When poets Treasure Redmond and Adrian Matejka complete their volumes of poems on Fannie Lou Hamer and Jack Johnson, respectively, in the next year or so, their books will contribute to one of the most important trends in contemporary black poetry.
For the last ten years alone, writers have published several volumes of poetry featuring persona poems. Collectively, books containing persona poems, that is, poems written in the voice of a figure other than the poet, have helped shape the landscape of African American poetry.
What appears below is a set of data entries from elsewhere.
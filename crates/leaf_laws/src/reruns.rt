//! What the reruns of a search are, and how a verification goes on.
ghost use Rattle.std.specs.Prelude.{◌≡◌, ℕ, ◌+◌, ◌-◌, ◌≤◌, ◌⊎◌, List, [], ◌++◌, Contains, None, Some, count_by};
ghost use Rattle.weight_exact.specs.Counts.{is_fail_at, is_pass_at};
ghost use Rattle.farm_rules.specs.Reruns.{after_reruns, reruns_at};
ghost use Rattle.weight_exact.specs.declared.run.Run.{Run};
ghost use Rattle.farm_entry.specs.History.{openings, reruns};
ghost use Rattle.farm_entry.specs.Legal.{IsLegal};
ghost use Rattle.farm_entry.specs.Standing.{at_bar, standing};
ghost use Rattle.farm_entry.specs.declared.standing.Standing.TheVariants.{Verifying, Confirmed, Inconclusive, Cancelled};
ghost use Rattle.farm_laws.specs.Laws.{culprit_of};
ghost use Rattle.leaf_laws.specs.Stands.{IsUnprovable};

use farm_entry::{Entry, Opening};

/// Each rerun that counts was made at the hypothesis at the bar or just below it; on each side there are at most as
/// many as were asked for; and they are what a verification of that suspect went through, one by one. A search
/// without a hypothesis at the bar has none. A confirmed suspect has exactly as many fails at it, and passes just
/// below it, as were asked for.
pub fn reruns_are_those_of_a_verification()
    ensures none { (H : List Entry) (o : Opening) → IsLegal H → Contains (openings H) o
        → at_bar H o ≡ None → reruns H o.search ≡ [] }
    ensures positions { (H : List Entry) (o : Opening) (suspect : ℕ) (r : Run) → IsLegal H → Contains (openings H) o
        → at_bar H o ≡ Some suspect → Contains (reruns H o.search) r
        → (r.position ≡ suspect) ⊎ (r.position + 1 ≡ suspect) }
    ensures went_through { (H : List Entry) (o : Opening) (suspect : ℕ) → IsLegal H → Contains (openings H) o
        → at_bar H o ≡ Some suspect
        → after_reruns suspect o.reruns [] (reruns H o.search) ≡ reruns H o.search }
    ensures asked { (H : List Entry) (o : Opening) (position : ℕ) → IsLegal H → Contains (openings H) o
        → reruns_at position (reruns H o.search) ≤ o.reruns }
    ensures exactly { (H : List Entry) (o : Opening) (suspect : ℕ) → IsLegal H → Contains (openings H) o
        → standing H o ≡ Confirmed suspect
        → (count_by (is_fail_at suspect) (reruns H o.search) ≡ o.reruns)
        × (count_by (is_pass_at (suspect - 1)) (reruns H o.search) ≡ o.reruns) }
{}

/// A search that verifies a suspect goes on to verify, confirm or vindicate the same one, or is cancelled, or ends
/// inconclusive as reruns that it lacks can't be made, in every longer history.
pub fn verifications_keep_their_suspect()
    ensures { (H K : List Entry) (o : Opening) (suspect : ℕ) → IsLegal (H ++ K) → Contains (openings H) o
        → standing H o ≡ Verifying suspect
        → (culprit_of (standing (H ++ K) o) ≡ Some suspect) ⊎ (standing (H ++ K) o ≡ Cancelled)
        ⊎ ((standing (H ++ K) o ≡ Inconclusive) × IsUnprovable (H ++ K) o suspect) }
{}
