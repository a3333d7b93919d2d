//! When a command is answered as before.
ghost use Rattle.std.specs.Prelude.{◌≡◌, ◌≢◌, ◌↔◌, ℕ, ◌≤◌, false, List, slice_get, Some, None};
ghost use Rattle.farm_entry.specs.Decision.{decide};
ghost use Rattle.farm_entry.specs.History.{carried_in, is_closing};
ghost use Rattle.farm_entry.specs.Legal.{IsLegal, command_of};
ghost use Rattle.leaf_laws.specs.Causes.{AsksTheSame, IsWhat, run_told};
ghost use Rattle.leaf_laws.specs.Spelled.{IsSpelledOtherwise};

use farm_entry::{Command, Decision, Entry, OpenAsk, Refusal};
use farm_types::Moment;

/// A command is answered as an earlier one was, by the place of its entry, exactly where that entry is what the command
/// asks for: its kind, its key and its contents are the same. An open whose rates are spelled otherwise asks for the
/// same search, and a report of a run that has a report asks for that one, whatever either says of the run.
pub fn repeats_are_of_the_same_command()
    ensures { (H : List Entry) (q : Command) (m : Moment) (place : ℕ) → IsLegal H
        → (decide H q m ≡ Decision.Repeat place) ↔ ((e : Entry) × (slice_get H place ≡ Some e) × IsWhat e q) }
{}

/// What asks for the same as a command that is answered as before is answered as before too, by the same place and at
/// every moment: a report of the run with either verdict or with none, and an open with its rates spelled otherwise.
pub fn repeats_hold_for_all_that_ask_the_same()
    ensures same { (H : List Entry) (q p : Command) (m n : Moment) (place : ℕ) → IsLegal H → AsksTheSame q p
        → decide H q m ≡ Decision.Repeat place → decide H p n ≡ Decision.Repeat place }
    ensures reports { (H : List Entry) (run place : ℕ) (q p : Command) (m n : Moment) → IsLegal H
        → run_told q ≡ Some run → run_told p ≡ Some run
        → decide H q m ≡ Decision.Repeat place → decide H p n ≡ Decision.Repeat place }
    ensures opens { (H : List Entry) (ask other : OpenAsk) (m n : Moment) (place : ℕ) → IsLegal H
        → IsSpelledOtherwise ask other → decide H (Command.Open ask) m ≡ Decision.Repeat place
        → decide H (Command.Open other) n ≡ Decision.Repeat place }
{}

/// Each entry past the founding names a command, which is answered by the entry's place at every moment, unless it is an
/// order that was carried over or the closing. What names no command is nobody's command: none is answered by its
/// place, and no key is taken by it. So it is with the founding, with carried orders and with a closing.
pub fn entries_past_the_founding_are_repeated()
    ensures past { (H : List Entry) (place : ℕ) (e : Entry) → IsLegal H → slice_get H place ≡ Some e → 1 ≤ place
        → carried_in e.what ≡ None → is_closing e.what ≡ false
        → (q : Command) × (command_of e.what ≡ Some q) × ((m : Moment) → decide H q m ≡ Decision.Repeat place) }
    ensures no_repeat { (H : List Entry) (place : ℕ) (e : Entry) (q : Command) (m : Moment) → IsLegal H
        → slice_get H place ≡ Some e → command_of e.what ≡ None → decide H q m ≢ Decision.Repeat place }
    ensures no_clash { (H : List Entry) (place : ℕ) (e : Entry) (q : Command) (m : Moment) → IsLegal H
        → slice_get H place ≡ Some e → command_of e.what ≡ None
        → decide H q m ≢ Decision.Refuse (Refusal.KeyClash place) }
{}
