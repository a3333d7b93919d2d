//! A follower's ask for a page of the log, as the service reads it, and the page, as the follower reads it. A function
//! here does nothing: its contract is the law.
ghost use Rattle.std.specs.Prelude.{◌≡◌, ◌<◌, ◌≤◌, ◌^◌, List, [], ℕ};
ghost use Rattle.entry_codec.specs.Grammar.{AreSpelled};
ghost use Rattle.entry_codec.specs.LogPage.{log_page, page_entries};
ghost use Rattle.farm_entry.specs.declared.entry.Entry.{Entry};
ghost use Rattle.farm_wire.specs.Replies.{log_data};
ghost use Rattle.hex.specs.Hex.{IsBytes};
ghost use Rattle.http_words.specs.declared.endpoint.Endpoint.TheVariants.{Log};
ghost use Rattle.journal_follow.specs.Asks.{ask_request};
ghost use Rattle.journal_follow.specs.Pages.{IsPage};
ghost use Rattle.leaf_laws.specs.Sent.{IsOneRequest};
ghost use Rattle.serde_json.specs.Written.{compact_text};

/// A follower's ask for the entries from one on is, on a connection of its own, the request for that page and nothing
/// else.
pub fn page_requests_are_read()
    ensures { (from : ℕ) → 1 ≤ from → from < 2 ^ 32 → IsOneRequest (Log from) (ask_request from) [] }
{}

/// What the service writes for a page of a history is read by a follower as that page: the same entries, from the same
/// one on. The service writes a page only of entries that have a spelling.
pub fn pages_are_read_as_pages()
    ensures { (from : ℕ) (history : List Entry) → from < 2 ^ 32 → AreSpelled (page_entries from history)
        → IsBytes (log_page from history)
        → IsPage from (compact_text (log_data from (log_page from history))) (page_entries from history) }
{}
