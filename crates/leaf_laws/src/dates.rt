//! Texts of days.
ghost use Rattle.std.specs.Prelude.{◌≡◌};
ghost use Rattle.jiff.specs.Types.{Date};
ghost use Rattle.jiff.specs.Words.{date_text, epoch_day};

/// There is one text for each day, and no text is that of two days.
pub fn days_and_their_texts_go_together()
    ensures one_text { (a b : Date) → epoch_day a ≡ epoch_day b → date_text a ≡ date_text b }
    ensures one_day { (a b : Date) → date_text a ≡ date_text b → epoch_day a ≡ epoch_day b }
{}
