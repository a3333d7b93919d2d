//! When a command is refused.
ghost use Rattle.std.specs.Prelude.{◌≡◌, ◌↔◌, ℕ, List};
ghost use Rattle.farm_entry.specs.Decision.{decide};
ghost use Rattle.farm_entry.specs.Legal.{IsLegal};
ghost use Rattle.leaf_laws.specs.Causes.{CauseOf, HasEnded, HasManySearches, HasNoRevert, HasNoRun, IsClash, IsFull, IsOfNoLease, IsOfNoSearch, IsOutside, IsOverDay, IsRefusedClosed};

use farm_entry::{Command, Decision, Entry, Refusal};
use farm_types::Moment;

/// A command is refused exactly where the history holds the refusal's cause, whatever the refusal. So a farm that
/// refused one entry, one search or one order early, or late, would break this law.
pub fn refusals_have_their_causes()
    ensures { (H : List Entry) (q : Command) (m : Moment) (r : Refusal) → IsLegal H
        → (decide H q m ≡ Decision.Refuse r) ↔ CauseOf r H q m }
{}
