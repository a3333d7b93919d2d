//! The link.
ghost use Rattle.std.specs.Prelude.{◌≡◌, ◌≢◌, ◌<◌, ◌≤◌, [], None, false, length, refl, IfOk, IfSome};
ghost use Rattle.common_types.specs.Counts.{Rose};
ghost use Rattle.link_io.specs.Notes.{no_output};
ghost use Rattle.link_io.specs.Took.{IfTook, OnTookFailed, is_end};
ghost use Rattle.link_io.specs.Put.{IfPut, OnPutFailed};
ghost use Rattle.tcp_net.specs.Tcp.{link_ended, link_faults};

use crate::limits::{LINGER_MS, LOOK_MS, Limits, QUIET_MS, REST_MS, SHARE_MS};
use crate::lobby::Lobby;
use crate::moving::{Left, Unmoved, drain, read_now, write_now};
use crate::ready::{Side, now_ms, wait_for, wait_for_either};
use crate::waiting::{Speaker, Stage};
use common_types::Passed;
use link_io::{Link, Put, Sink, Source, Took};
use mio::net::TcpStream;
use std::net::Shutdown;
use std::os::fd::{AsRawFd, RawFd};
use std::rt::Clock;
use std::sync::Arc;

/// One end of a connection. It tells nothing of its bytes.
///
/// A call that was interrupted is made again. Any other error is a failed take or put, also where a request, an answer
/// or an exchange lasts too long.
#[derive(Drop)]
pub struct TcpLink<R: Clock + Drop> {
    rt: R,
    origin: Origin,
    // None once the connection is back in the lobby, or over.
    stream: Option<TcpStream>,
    limits: Limits,
    // Whether nothing is held of what was taken.
    idle: bool,
    // Whether it has come with a byte to read.
    speaks: bool,
    // Since when the request is waited for, and since when the answer, where either was.
    asked_since: Option<u64>,
    answered_since: Option<u64>,
    // Since when it is served in a row, and when it looks next whether others wait.
    served_since: u64,
    look_at: u64,
    ended: bool,
    faults: u64,
}

/// Where a connection comes from.
#[derive(Drop)]
enum Origin {
    /// It was made from here, and lasts until a moment.
    Here(u64),
    /// Somebody else has made it.
    Lobby(Arc<Lobby>),
}

/// Why a link that is idle ends its wait.
#[derive(Clone, Copy)]
enum Pause {
    /// There is something to read, or the connection is over.
    Speaks,
    /// It said nothing for too long.
    Silent,
    /// Others want its handler, or it was quiet for a while.
    Leaves,
}
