//! Whom orders are against, and how many there are.
ghost use Rattle.std.specs.Prelude.{◌≡◌, ◌≢◌, ℕ, ◌≤◌, List, length, AllPairs, Contains, Some};
ghost use Rattle.farm_entry.specs.History.{opening_numbered, openings, order_lines};
ghost use Rattle.farm_entry.specs.Legal.{IsLegal};
ghost use Rattle.farm_entry.specs.Setup.{commit_of};
ghost use Rattle.farm_entry.specs.Standing.{standing};
ghost use Rattle.farm_entry.specs.declared.limits.TheConstants.{MAX_SEARCHES};
ghost use Rattle.farm_entry.specs.declared.standing.Standing.TheVariants.{Confirmed};

use farm_entry::{Entry, Opening, OrderLine};

/// Each order names a search whose culprit is confirmed, and it is for that culprit's commit.
pub fn orders_are_for_confirmed_culprits()
    ensures { (H : List Entry) (x : OrderLine) → IsLegal H → Contains (order_lines H) x
        → (o : Opening) × (culprit : ℕ) × (opening_numbered H x.search ≡ Some o) × (standing H o ≡ Confirmed culprit)
        × (x.commit ≡ commit_of o culprit) }
{}

/// A search has at most one order, so there are at most as many orders as searches, and at most two thousand.
pub fn orders_are_few()
    ensures one_for_a_search { (H : List Entry) → IsLegal H
        → AllPairs (λ (a b : OrderLine). a.search ≢ b.search) (order_lines H) }
    ensures no_more_than_searches { (H : List Entry) → IsLegal H → length (order_lines H) ≤ length (openings H) }
    ensures bounded { (H : List Entry) → IsLegal H → length (order_lines H) ≤ MAX_SEARCHES }
{}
Rita Dove’s American Smooth (2004) and Sonata Mulattica (2009), Cornelius Eady’s Brutal Imagination (2001), Marilyn Nelson’s Carver: A Life in Poems (2001), Natasha Trethewey Bellocq's Ophelia (2002) and Native Guard (2006), Ai’s Vice (2000) and Dread (2003), Frank X Walker’s Buffalo Dance: The Journey of York (2004) and When Winter Come: The Ascension of York (2008), A. Van Jordan’s M-A-C-N-O-L-I-A (2004), Quraysh Ali Lansana’s They Shall Run: Harriet Tubman Poems (2004), Thylias Moss’s Slave Moth: A Narrative in Verse (2004), Tyehimba Jess's leadbelly (2005), Kevin Young’s Black Maria (2005) and Ardency: A Chronicle of the Amistad Rebels (2011), and Patricia Smith's Blood Dazzler (2008) include several, if not all, persona poems.
The appearance of so many books by well known African American poets featuring persona poems reveals an important common interest among the writers. Black poets have seem drawn to the practice of embodying the voices of others, especially African American historical figures. Accordingly, persona poems empower contemporary poets to participate in narrating the past from first-person perspectives.
Persona poems by African American poets have a long history, stretching back to Robert Hayden, Gwendolyn Brooks, Langston Hughes, Paul Laurence Dunbar and beyond. The production of full-length volumes or extended series of persona poems by several poets, however, seems to represent a fairly recent phenomena in the history of black poetry.